# Young wood pigeon wants to go with parents but can't fly yet. Also how much to feed?



## sbarra1x (Sep 12, 2012)

*Quick version below.*

Hey.

About a week ago there was a family of wood pigeons nesting in a tree at the bottom of my garden but a neighbourhood cat knocked their nest down and attacked one of the young ones.

I noticed the commotion and stepped in to save the wood pigeon, which upon inspecting I could see had a relatively deep wound on it’s left wing.

The parents were hanging around trying to protect the young pigeon, but she could not fly and the cat just kept coming back, so I had to take her in temporarily.

Her wing is now almost fully healed and her parents have been coming down to the garden to feed her every day while I stay on cat watch.

Very recently however she has gotten to an age where she is almost able to fly and about 3 days ago she attempted to follow her parents out of the garden, landing on the fence and then swooping down into my neighbours garden; she was lost in there for about 40 mins while me and my two neighbours searched with torches. 

Thankfully we found her but both my neighbours have cats and we frequently get foxes poking around so I couldn't risk losing her again and not being able to find her.

I figured I would keep her in my spare pigeon loft and take her into my shed to do some flying exercises until she is ready to fly properly, or at least as close as possible (She’s tame enough with me though not sure if that’s a good thing?)

I am however concerned about how long it is safe to keep her from having physical contact with her parents?

For the last 3 days I have been keeping her in my spare pigeon loft during the day but with the mesh door across so she can still see her parents (and they her) as they are still coming down into the garden to eat seed, and the young pigeon has even been mimicking them, learning to peck at seed so that’s some kind of interaction at least.

Is it safe to leave it any longer? Should I let the pigeon out next time her parents come down? If she get lost there is a high risk of a cat or fox finding her.

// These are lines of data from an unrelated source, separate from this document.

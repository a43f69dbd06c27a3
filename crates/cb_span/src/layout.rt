//! Where the slots of a span lie.

ghost use Rattle.std.specs.Prelude.{◌≡◌, ◌+◌, ◌*◌, ◌^◌, ◌<◌, ◌≤◌};
ghost use Rattle.cb_class.specs.Class.{IsClass, pages_of, slots_of, words_of};
ghost use Rattle.cb_span.specs.Places.{frame_of, slot_in, slot_place};

use cb_class::{Class, FRAME_WORDS, slot_words};

/// The place of a slot of the span whose first frame this is: the index of its first memory word.
/// Frames follow one another, each of `FRAME_WORDS` words, and from the first word of a span's
/// frames on its slots do, each of the words of its class.
pub fn slot_place(class: Class, frame: u32, slot: u32) -> u32
    requires class { IsClass class }
    requires frame { frame + pages_of class ≤ 2 ^ 15 }
    requires slot { slot < slots_of class }
    ensures place { result ≡ slot_place class frame slot }
    ensures within { result + words_of class ≤ 512 * (frame + pages_of class) }
    ensures fits { result < 2 ^ 24 }
{
    FRAME_WORDS * frame + slot * slot_words(class)
}

/// The frame in which a memory word lies.
pub fn place_frame(place: u32) -> u32
    ensures { result ≡ frame_of place }
{
    place / FRAME_WORDS
}

/// The slot in which a memory word lies, of the span of that class whose first frame this is.
pub fn place_slot(class: Class, frame: u32, place: u32) -> u32
    requires class { IsClass class }
    requires behind { 512 * frame ≤ place }
    ensures { result ≡ slot_in class frame place }
{
    (place - FRAME_WORDS * frame) / slot_words(class)
}
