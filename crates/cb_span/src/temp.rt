//! The temperature of a span.

/// The temperature of a span: whether its objects were in use of late.
#[derive(Clone, Copy, Debug, PartialEq, Eq, Hash)]
pub enum Temp {
    Hot,
    Cold,
}
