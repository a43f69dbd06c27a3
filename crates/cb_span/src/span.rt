//! A span: a run of slots of one class.

ghost use Rattle.std.specs.Prelude.{◌≡◌, ℕ, ◌^◌, ◌<◌, ◌↔◌, IfNone, IfOk, IfSome, IsTrue, None, count_by, false, is_none, is_some, length, position, slice_index_or};
ghost use Rattle.cb_class.specs.Class.{IsClass, slots_of};
ghost use Rattle.cb_span.specs.Contents.{IsSpan, handle_at, least_empty, live_count, new_span, span_of, with_cleared, with_placed};

use crate::temp::Temp;
use cb_class::{Class, slots};
use cb_member::NoMemory;
use std::alloc::Global;
use std::marker::Model;

/// A span of one size class: each slot is empty or has the handle of the object that lies there.
#[derive(Drop)]
pub struct Span {
    class: Class,
    temp: Temp,
    slots: Vec<Option<u32>>,
    // The count of taken slots.
    live: u32,
    // Every slot below this one is taken.
    taken_below: u32,
}

impl Model for Span {
    ghost use Rattle.std.specs.Prelude.{ℕ};
    ghost use Rattle.cb_span.specs.Contents.{Contents, span_of};
    ghost use Rattle.cb_span.specs.Kept.{IsKept};

    ghost Value = { Contents };

    ghost view = { λ a. span_of a.class a.temp a.slots.items };

    ghost invariant = { λ a. IsKept (span_of a.class a.temp a.slots.items) a.live a.taken_below };
}

impl Span {
    /// A span of the class and temperature, all of whose slots are empty.
    pub fn new(alloc: Global, class: Class, temp: Temp) -> Result<Span, NoMemory>
        requires { IsClass class }
        ensures fresh { IfOk result (λ span. span ≡ new_span class temp) }
        ensures valid { IfOk result IsSpan }
    {
        Ok(Span {
            class,
            temp,
            slots: vec![in alloc; None; slots(class) as usize]?,
            live: 0,
            taken_below: 0,
        })
    }

    /// A span of the class and temperature whose slots are a copy of these, which are as many as
    /// the class has.
    pub fn from_slots(
        alloc: Global,
        class: Class,
        temp: Temp,
        slots: &[Option<u32>],
    ) -> Result<Span, NoMemory>
        requires class { IsClass class }
        requires sized { length slots.now ≡ slots_of class }
        ensures slots { IfOk result (λ span. span ≡ span_of class temp slots.now) }
        ensures valid { IfOk result IsSpan }
    {
        let live = taken_count(slots);
        Ok(Span {
            class,
            temp,
            slots: Vec::from_slice(alloc, slots)?,
            live,
            taken_below: 0,
        })
    }

    /// Puts the handle into the least slot that is empty, and None exactly where all are taken.
    /// Takes no memory.
    pub fn place(&mut self, handle: u32) -> Option<u32>
        ensures least { result ≡ least_empty self.old }
        ensures placed { IfSome result (λ slot. self.new ≡ with_placed self.old slot handle) }
        ensures full { IfNone result (self.new ≡ self.old) }
        ensures in_range { IfSome result (λ slot. slot < length self.old.slots) }
        ensures sized { length self.new.slots ≡ length self.old.slots }
        ensures valid { IsSpan self.new }
    {
        if self.is_full() {
            return None;
        }
        let slot = least_none(self.slots.as_slice(), self.taken_below as usize)?;
        self.slots[slot] = Some(handle);
        self.live += 1;
        self.taken_below = slot as u32 + 1;
        Some(slot as u32)
    }

    /// Empties a slot, whether it is taken or not. Takes no memory.
    pub fn clear(&mut self, slot: u32)
        requires { slot < length self.old.slots }
        ensures cleared { self.new ≡ with_cleared self.old slot }
        ensures sized { length self.new.slots ≡ length self.old.slots }
        ensures valid { IsSpan self.new }
    {
        let place = slot as usize;
        if self.slots[place].is_none() {
            return;
        }
        self.slots[place] = None;
        self.live -= 1;
        self.taken_below = self.taken_below.min(slot);
    }

    /// The handle in a slot, and None where the slot is empty.
    pub fn at(&self, slot: u32) -> Option<u32>
        requires { slot < length self.now.slots }
        ensures { result ≡ handle_at self.now slot }
    {
        self.slots[slot as usize]
    }

    /// The slot table: the handle in each slot, and None where the slot is empty.
    pub fn slots(&self) -> &[Option<u32>]
        ensures slots { result.now ≡ self.now.slots }
        ensures valid { IsSpan self.now }
    {
        self.slots.as_slice()
    }

    /// The count of taken slots. Constant time.
    pub fn live(&self) -> u32
        ensures { result ≡ live_count self.now }
    {
        self.live
    }

    /// The class that the span was made with.
    pub fn class(&self) -> Class
        ensures class { result ≡ self.now.class }
        ensures valid { IsSpan self.now }
    {
        self.class
    }

    /// The temperature that the span was made with.
    pub fn temp(&self) -> Temp
        ensures { result ≡ self.now.temp }
    {
        self.temp
    }

    /// Whether no slot is taken. Constant time.
    pub fn is_empty(&self) -> bool
        ensures { IsTrue result ↔ (live_count self.now ≡ 0) }
    {
        self.live == 0
    }

    /// Whether no slot is empty. Constant time.
    pub fn is_full(&self) -> bool
        ensures { IsTrue result ↔ (live_count self.now ≡ length self.now.slots) }
    {
        self.live as usize == self.slots.len()
    }
}

/// How many slots are taken.
fn taken_count(slots: &[Option<u32>]) -> u32
    requires { length slots.now < 2 ^ 32 }
    ensures { result ≡ count_by is_some slots.now }
{
    slots.iter().filter(|slot| slot.is_some()).count() as u32
}

/// The least slot that is empty, looked for from a slot below which all are taken.
fn least_none(slots: &[Option<u32>], from: usize) -> Option<usize>
    requires { (k : ℕ) → k < from → is_none (slice_index_or slots.now k None) ≡ false }
    ensures { result ≡ position is_none slots.now }
{
    for i in from..slots.len() {
        if slots[i].is_none() {
            return Some(i);
        }
    }
    None
}
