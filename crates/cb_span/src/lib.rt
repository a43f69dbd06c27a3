//! Spans: runs of slots of one size class, each slot empty or with one object, named by its handle.
#![tactic(auto)]

mod layout;
mod span;
mod temp;

pub use layout::{place_frame, place_slot, slot_place};
pub use span::Span;
pub use temp::Temp;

Also because she is now unable to be fed by her parents how much pigeon seed should I be feeding her each day? She is eating some on her own but only when her parents are pecking at seed in the garden and it doesn't look like enough.

*Quick version:

Young wood pigeon rescued from cat a week ago.

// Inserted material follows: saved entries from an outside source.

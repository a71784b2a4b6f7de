// Search of the instruction table, by name and by word.

ghost use Rattle.std.specs.Prelude.{◌≡◌, map, find, option_map};
ghost use Rattle.rsp_decode.specs.Table.{entry, entry_of, row_of};
ghost use Rattle.rsp_syntax.specs.TableSearch.{has_name, is_selected};
ghost use Rattle.rsp_syntax.specs.Statement.{row_named};

use crate::line_bytes::is_same;
use rsp_decode::{TableRow, table};

/// Whether a row has this name, in either case. The bytes are compared first, because most names are written in lower case.
fn has_name(row: &TableRow, name: &[u8]) -> bool
    ensures { result ≡ has_name name.now (entry row.now) }
{
    name == row.name.as_bytes() || is_same(name, row.name.as_bytes())
}

/// The first instruction of the rows with this name, in either case.
fn find_in(rows: &'static [TableRow], name: &[u8]) -> Option<TableRow>
    ensures { option_map entry result ≡ find (has_name name.now) (map entry rows.now) }
{
    for row in rows {
        if has_name(row, name) {
            return Some(*row);
        }
    }
    None
}

/// The number of a row by the hash of its name, as [`guess`] computes it: the last one of rows with this hash, or 0 if no name has it.
static GUESSES: [u8; 256] = [
    0, 0, 98, 65, 0, 0, 71, 0, 100, 0, 0, 90, 74, 56, 0, 0, 10, 0, 0, 0, 101, 0, 24, 118, 36, 97,
    0, 20, 116, 0, 0, 46, 0, 27, 0, 0, 0, 0, 0, 7, 49, 115, 0, 82, 37, 0, 117, 0, 22, 0, 0, 0, 44,
    0, 0, 86, 0, 0, 89, 109, 0, 0, 11, 0, 111, 0, 68, 0, 0, 80, 0, 57, 62, 77, 0, 0, 112, 14, 0,
    79, 0, 0, 108, 0, 85, 0, 0, 0, 0, 0, 0, 50, 0, 34, 0, 0, 0, 17, 39, 0, 0, 0, 33, 0, 52, 83, 0,
    0, 0, 0, 43, 21, 0, 0, 92, 58, 87, 18, 54, 72, 0, 107, 0, 73, 0, 0, 78, 0, 0, 63, 0, 29, 69, 0,
    0, 19, 0, 0, 76, 102, 0, 23, 0, 0, 47, 0, 0, 42, 0, 81, 0, 0, 41, 0, 64, 0, 0, 103, 96, 91, 0,
    15, 0, 30, 45, 0, 0, 0, 0, 66, 0, 0, 0, 0, 0, 0, 60, 0, 119, 0, 67, 88, 0, 48, 0, 0, 94, 0, 95,
    0, 16, 0, 0, 99, 55, 0, 113, 28, 0, 0, 0, 0, 0, 0, 51, 0, 40, 0, 0, 0, 35, 0, 70, 114, 0, 0,
    53, 0, 84, 0, 0, 0, 0, 0, 0, 0, 0, 59, 105, 0, 26, 75, 31, 93, 0, 0, 0, 0, 9, 0, 0, 104, 0, 38,
    0, 25, 106, 0, 0, 110, 6, 0, 61, 0, 0, 0,
];

/// The number of the row that has this name: only a guess, which the caller verifies. It is wrong if no row has the name, or if a later
/// row's name has the same hash. The case makes no difference, because only the five low bits of each byte count.
fn guess(name: &[u8]) -> usize {
    let mut packed = 0_u32;
    for c in name {
        packed = packed << 5 | u32::from(*c & 31);
    }
    // Of many factors this one leaves the shortest search of rows whose guess is wrong: nine, all near the start of the table.
    let [hash, ..] = packed.wrapping_mul(1_270_406_931).to_be_bytes();
    usize::from(GUESSES[usize::from(hash)])
}

/// The instruction with this name, in either case; None if there is none.
pub fn find_row(name: &[u8]) -> Option<TableRow>
    ensures { option_map entry result ≡ option_map entry_of (row_named name.now) }
{
    let rows = table();
    let at = guess(name);
    if at < rows.len() && has_name(&rows[at], name) {
        return Some(rows[at]);
    }
    find_in(rows, name)
}

/// The first instruction of the rows whose fixed bits are those of the word.
fn select_in(rows: &'static [TableRow], word: u32) -> Option<TableRow>
    ensures { option_map entry result ≡ find (is_selected word) (map entry rows.now) }
{
    for row in rows {
        if word & row.mask == row.value {
            return Some(*row);
        }
    }
    None
}

/// The instruction of a word; None of a reserved word. The bits of the word that the instruction ignores may be set.
pub fn select_row(word: u32) -> Option<TableRow>
    ensures { option_map entry result ≡ option_map entry_of (row_of word) }
{
    select_in(table(), word)
}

Been getting fed every day by its parents in my back garden but has until recently been unable to fly.

Has recently started attempting to fly.

Got lost in neighbours garden after failed attempt to fly off with parents.

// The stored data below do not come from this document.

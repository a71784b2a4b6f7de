use thiserror::Error;

/// Why a source text is refused. The number is the fault's, as a script and the program print it.
#[derive(Clone, Copy, PartialEq, Eq, Debug, Error)]
#[error("{}", self.as_str())]
pub enum AsmFaultKind {
    /// 10: the line has more than 256 bytes, or a byte that is neither a tab nor 20 to 7e hexadecimal, or the text before its
    /// first colon is no label's name.
    BadLine,
    /// 11: no instruction has this name, nor is it `nop` or `.word`.
    UnknownName,
    /// 12: there are too few or too many operands, or one that isn't of the kind that the statement has there.
    BadOperand,
    /// 13: the value of an operand is out of its range.
    OutOfRange,
    /// 14: an earlier line has the same label.
    LabelTwice,
    /// 15: no line of the text has the label that an operand names.
    LabelMissing,
    /// 16: a word would be at address 4096 or higher, after the end of IMEM.
    PastEnd,
    /// 17: there was no memory for the line's label. It is the one fault that isn't the text's.
    OutOfMemory,
}

impl AsmFaultKind {
    ghost use Rattle.std.specs.Prelude.{◌≡◌, ◌≤◌, length};
    ghost use Rattle.rsp_syntax.specs.Faults.{kind_name};

    /// The fault's number, a space and its name, at most 15 bytes: `10 BadLine`.
    pub fn as_str(self) -> &'static str
        ensures text { result.now ≡ kind_name self }
        ensures short { length result.now ≤ 15 }
    {
        match self {
            AsmFaultKind::BadLine => "10 BadLine",
            AsmFaultKind::UnknownName => "11 UnknownName",
            AsmFaultKind::BadOperand => "12 BadOperand",
            AsmFaultKind::OutOfRange => "13 OutOfRange",
            AsmFaultKind::LabelTwice => "14 LabelTwice",
            AsmFaultKind::LabelMissing => "15 LabelMissing",
            AsmFaultKind::PastEnd => "16 PastEnd",
            AsmFaultKind::OutOfMemory => "17 OutOfMemory",
        }
    }
}

/// Why a source text is refused, and at which line.
#[derive(Clone, Copy, PartialEq, Eq, Debug, Error)]
#[error("fault {kind} line {line}")]
pub struct AsmFault {
    /// The line's number, from 1.
    pub line: usize,
    /// What is wrong with the line.
    pub kind: AsmFaultKind,
}
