// Numbers, of any length.

ghost use Rattle.std.specs.Prelude.{◌≡◌, ◌≤◌, ◌^◌, pos, neg_ℤ, IfSome, option_map};
ghost use Rattle.rsp_syntax.specs.Numbers.{numeral, signed_number, unsigned_of, signed_of};
ghost use Rattle.rsp_syntax.specs.Capping.{capped, capped_ℤ, number_cap};

/// The greatest number that is kept. It is out of each operand's range, so a greater one may be replaced by it, and a number of
/// any length can be read without overflow.
const NUMBER_CAP: u64 = 1 << 40;

/// The number that one or more digits write in this radix, clamped to `NUMBER_CAP`. None of another text.
fn numeral(text: &[u8], radix: u32) -> Option<u64>
    requires low { 2 ≤ radix }
    requires high { radix ≤ 16 }
    ensures value { result ≡ option_map capped (numeral radix text.now) }
    ensures below { IfSome result (λ n. n ≤ number_cap) }
{
    if text.is_empty() {
        return None;
    }
    let mut value = 0;
    for c in text {
        let digit = char::from(*c).to_digit(radix)?;
        value = (value * u64::from(radix) + u64::from(digit)).min(NUMBER_CAP);
    }
    Some(value)
}

/// Reads a number without a sign, of any length: decimal digits, or `0x` and hexadecimal digits in either case. A number above
/// 2^40 is returned as 2^40. None if the text is no number; so of `0X10`, whose prefix is in upper case.
pub fn read_unsigned(text: &[u8]) -> Option<u64>
    ensures value { result ≡ option_map capped (unsigned_of text.now) }
    ensures below { IfSome result (λ n. n ≤ number_cap) }
{
    match text {
        [b'0', b'x', digits @ ..] => numeral(digits, 16),
        _ => numeral(text, 10),
    }
}

/// The number as a signed one.
fn positive(n: u64) -> i64
    requires { n ≤ number_cap }
    ensures { result ≡ pos n }
{
    n as i64
}

/// The number with a minus.
fn negative(n: u64) -> i64
    requires { n ≤ number_cap }
    ensures { result ≡ neg_ℤ (pos n) }
{
    -(n as i64)
}

/// The number with a sign.
pub(crate) fn signed(n: u64, is_negative: bool) -> i64
    requires { n ≤ number_cap }
    ensures { result ≡ signed_number is_negative n }
{
    if is_negative {
        negative(n)
    } else {
        positive(n)
    }
}

/// The number that `-` and these digits write.
fn negated(digits: &[u8]) -> Option<i64>
    ensures { result ≡ option_map capped_ℤ (option_map (λ n. neg_ℤ (pos n)) (unsigned_of digits.now)) }
{
    Some(negative(read_unsigned(digits)?))
}

/// Reads a number as [`read_unsigned`] does, with an optional `-` before it.
pub(crate) fn number(text: &[u8]) -> Option<i64>
    ensures { result ≡ option_map capped_ℤ (signed_of text.now) }
{
    if let [b'-', digits @ ..] = text {
        return negated(digits);
    }
    Some(positive(read_unsigned(text)?))
}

Was very hard to find but we found her, however both neighbours have cats and we always get foxes poking around.

Don’t want to risk same thing happening and not being able to find.

Been keeping her in spare pigeon loft during day last 3 days and parents still coming down to garden to eat pigeon seed which she can see, and she is learning to peck at seed by watching them through the mesh.

Have been doing flying exercises with her once a night last 3 nights in shed to help her get ready to fly away with her parents when I let her out.

Wondering how long I can leave it without her having physical contact with parents and only being able to see them (very close) through lofft mesh.

Also how much pigeon seed to hand feed as not eating enough on own yet.

Thanks!!!*


----------



## Feefo (Feb 8, 2002)

The parents would top up her food for roughly two weeks after fledging and I think that even if they cannot feed her at the moment they would recognise her outside the nest, specially as they are able to see her now.

Try defrosting frozen peas in warm water and popping them into her mouth one at a time. When I have done this with young woodies they get so fed up with my slowness that they start grabbing the peas from my hand though once they can eat seed they lose interest in defrosted peas. A young woodie would take about 80 or more peas per feed, but it is safer to keep feeling the crop to make certain the peas shift around like beans in a beanie bag or to feed several more meals a day.

A very small mix, like canary mix, is good for weaning them.


----------